# WHAT TO DO
Wherever a line in the records contains the word "enum", return that line.

# EXCERPTED RECORDS
- Opening Delimiter -
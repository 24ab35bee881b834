// The types that every layer shares. What they mean, and all the rules, stand in specs/.
#![tactic(auto)]

ghost use Rattle.std.specs.Prelude.{◌≡◌};
ghost use Rattle.model.specs.Numbers.{fault_of, number_refusal, operation_of, reason_number, refusal_number};
ghost use Rattle.model.specs.Ring.{status_number};

pub mod buffer;
pub mod grant;
pub mod limit;
pub mod node;
mod port_index;
pub mod result;
mod tag_index;

pub use port_index::PortIndex;
pub use tag_index::TagIndex;

// A port's number, as the host hands it in: any u32, 0 to 7 are ports (rules 1.1 and 7.2).
#[derive(Clone, Copy)]
pub struct PortId(pub u32);

// The number of a tag (ticket): a started request's place in its port (rule 4.7).
#[derive(Clone, Copy)]
pub struct TagId(pub u32);

// The request index that a started request was taken at (rule 5.21).
#[derive(Clone, Copy)]
pub struct Serial(pub u32);

// How a guest lays out requests and responses (rule 1.16).
#[derive(Clone, Copy)]
pub enum Abi {
    Bits64,
    Bits32,
}

// How many pages a guest's ring has (rule 2.3).
#[derive(Clone, Copy)]
pub enum Pages {
    One,
    Two,
}

// How a guest lays out its ring: the records in it, and the pages that it has.
#[derive(Clone, Copy)]
pub struct Format {
    pub abi: Abi,
    pub pages: Pages,
}

// The disk's sector size, in bytes (rule 3.5).
#[derive(Clone, Copy)]
pub enum SectorSize {
    Bytes512,
    Bytes1024,
    Bytes2048,
    Bytes4096,
}

// What a node sheet says of a port (rule 3.5).
#[derive(Clone, Copy)]
pub struct Params {
    pub writable: bool,
    pub barrier: bool,
    pub flush: bool,
    pub discard: bool,
    pub secure: bool,
    pub sector: SectorSize,
    pub sectors: u64,
    pub abi: Abi,
    pub pages: Pages,
}

impl Params {
    // How the port's guest lays out its ring.
    pub fn format(self) -> Format
        ensures { (result.abi ≡ self.abi) × (result.pages ≡ self.pages) }
    {
        Format {
            abi: self.abi,
            pages: self.pages,
        }
    }
}

// Why the bytes of a body are not the decimal digits of a number (rules 3.7 and 3.8).
#[derive(Clone, Copy)]
pub enum NumberError {
    TooBig,
    NotANumber,
}

// Why a call is refused, by its number (rules 7.1 to 7.7 and 7.11 to 7.15; 17.5 to 17.10 of joining; 16.3 and 16.10 of the guest's half).
#[derive(Clone, Copy)]
pub enum Refusal {
    WrongLength = 1,
    NoPort = 2,
    NotClosed = 3,
    IsClosed = 4,
    InFlight = 5,
    NotBusy = 6,
    TooMany = 7,
    // Those of joining.
    TooFewFrames = 8,
    TooFewRuns = 9,
    NoPlan = 10,
    // Those of a node sheet.
    SheetShape = 11,
    SheetNodes = 12,
    SheetText = 13,
    SheetNumber = 14,
    SheetMissing = 15,
    // Those of the guest's half.
    RingFull = 31,
    IdOutstanding = 32,
    BadRequest = 33,
    BadRspProd = 34,
    NotOutstanding = 35,
}

impl From<Refusal> for u32 {
    ghost from_gives = { λ refusal number. number ≡ refusal_number refusal };

    fn from(refusal: Refusal) -> u32 {
        refusal as u32
    }
}

impl From<NumberError> for Refusal {
    ghost from_gives = { λ error refusal. refusal ≡ number_refusal error };

    fn from(error: NumberError) -> Refusal {
        match error {
            NumberError::TooBig => Refusal::SheetNumber,
            NumberError::NotANumber => Refusal::SheetText,
        }
    }
}

// What a port can be (rule 4.1).
#[derive(Clone, Copy)]
pub enum State {
    Closed,
    Open,
    Broken,
}

// A port. consumed is ring.h's req_cons (taken, C), produced its rsp_prod_pvt (answered, R) (rule 4.2); busy has a mark for each tag (rule 4.7).
#[derive(Clone, Copy)]
pub struct Port {
    pub state: State,
    pub params: Params,
    pub consumed: u32,
    pub produced: u32,
    pub busy: u64,
}

// The operations of a request, by their numbers (rule 2.14).
#[derive(Clone, Copy)]
pub enum Operation {
    Read = 0,
    Write = 1,
    Barrier = 2,
    Flush = 3,
    Discard = 5,
}

// Every other number is unknown (rule 8.21).
impl TryFrom<u8> for Operation {
    type Error = Reason;

    ghost try_from_gives = { λ number operation. operation ≡ operation_of number };

    fn try_from(number: u8) -> Result<Operation, Reason> {
        match number {
            0 => Ok(Operation::Read),
            1 => Ok(Operation::Write),
            2 => Ok(Operation::Barrier),
            3 => Ok(Operation::Flush),
            5 => Ok(Operation::Discard),
            _ => Err(Reason::UnknownOperation),
        }
    }
}

// What a guest tells its requests apart by (rule 12.12).
#[derive(Clone, Copy)]
pub struct Pair {
    pub id: u64,
    pub operation: u8,
}

// What a tag keeps of a started request until it is completed (rule 5.20).
#[derive(Clone, Copy)]
pub struct Tag {
    pub pair: Pair,
    pub serial: Serial,
    pub expected: u32,
}

// What a port's req_prod says (rule 4.12).
#[derive(Clone, Copy)]
pub enum Pending {
    Nothing,
    Waits,
    Overrun,
}

// One segment of a request: sectors first to last of a frame (rules 2.6 and 2.7).
#[derive(Clone, Copy)]
pub struct Segment {
    pub frame: u32,
    pub first: u8,
    pub last: u8,
}

// The status of a response (rule 2.12).
#[derive(Clone, Copy)]
pub enum Status {
    Okay,
    Error,
    NotSupported,
}

// The number that a response carries, below 0 for a failure.
impl From<Status> for i16 {
    ghost from_gives = { λ status number. number ≡ status_number status };

    fn from(status: Status) -> i16 {
        match status {
            Status::Okay => 0,
            Status::Error => -1,
            Status::NotSupported => -2,
        }
    }
}

// What the host is to do (rule 5.22; operation is the plan's kind). Its extents stand beside it, in words that the caller lends (rule 5.33).
#[derive(Clone, Copy)]
pub struct Plan {
    pub operation: u8,
    pub start: u64,
    pub count: u64,
    pub secure: bool,
    pub extents: u64,
}

// The check that a request fails, by its number, in the order in which they are made. 23 is withdrawn: its number stays unused.
#[derive(Clone, Copy)]
pub enum Reason {
    UnknownOperation = 21,
    FeatureOff = 22,
    ReadOnly = 24,
    WrongAmount = 25,
    WrongSegment = 26,
    NotGranted = 27,
    PastEnd = 28,
    Unaligned = 29,
}

impl From<Reason> for u32 {
    ghost from_gives = { λ reason number. number ≡ reason_number reason };

    fn from(reason: Reason) -> u32 {
        reason as u32
    }
}

// Why a request is refused: the first check that it fails, and the status due (rule 8.2).
#[derive(Clone, Copy)]
pub struct Fault {
    pub reason: Reason,
    pub status: Status,
}

// Each check has its own status: what the backend does not know or offer is not supported (rules 8.21 to 8.29).
impl From<Reason> for Fault {
    ghost from_gives = { λ reason fault. fault ≡ fault_of reason };

    fn from(reason: Reason) -> Fault {
        let status = match reason {
            Reason::UnknownOperation | Reason::FeatureOff => Status::NotSupported,
            _ => Status::Error,
        };
        Fault { reason, status }
    }
}

// What a turn did, where it was not refused (rule 11.4).
#[derive(Clone, Copy)]
pub enum Turned {
    Idle,
    Overrun(PortId),
    Started(PortId, TagId, Serial, Plan),
    // Which check the request failed, and whether to notify the guest (rule 5.32).
    Answered(PortId, Fault, bool),
}

// What a completion did, and whether to notify the guest (rule 6.13).
#[derive(Clone, Copy)]
pub struct Completed {
    pub port: PortId,
    pub status: Status,
    pub notify: bool,
}

// The same of a list. Its statuses stand beside it, in words that the caller lends (rules 6.22 and 14.15).
#[derive(Clone, Copy)]
pub struct CompletedMany {
    pub port: PortId,
    pub notify: bool,
}

// A response that the guest collected: the id and operation that it carries, and the 16 bits of its status (rule 16.14).
#[derive(Clone, Copy)]
pub struct Collected {
    pub pair: Pair,
    pub status: u16,
}

// A port's counters (meter): requests taken, and answers by their status (rule 15.1). The host's record, laid out as in C.
#[repr(C)]
#[derive(Clone, Copy)]
pub struct Counters {
    pub taken: u64,
    pub okay: u64,
    pub error: u64,
    pub unsupported: u64,
}

// One of them (rule 15.4).
#[derive(Clone, Copy)]
pub enum Counter {
    Taken,
    Okay,
    Error,
    NotSupported,
}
- Closing Delimiter -
# THE COMPLETED TASK
pub enum Abi {
pub enum Pages {
pub enum SectorSize {
pub enum NumberError {
pub enum Refusal {
pub enum State {
pub enum Operation {
pub enum Pending {
pub enum Status {
pub enum Reason {
pub enum Turned {
pub enum Counter {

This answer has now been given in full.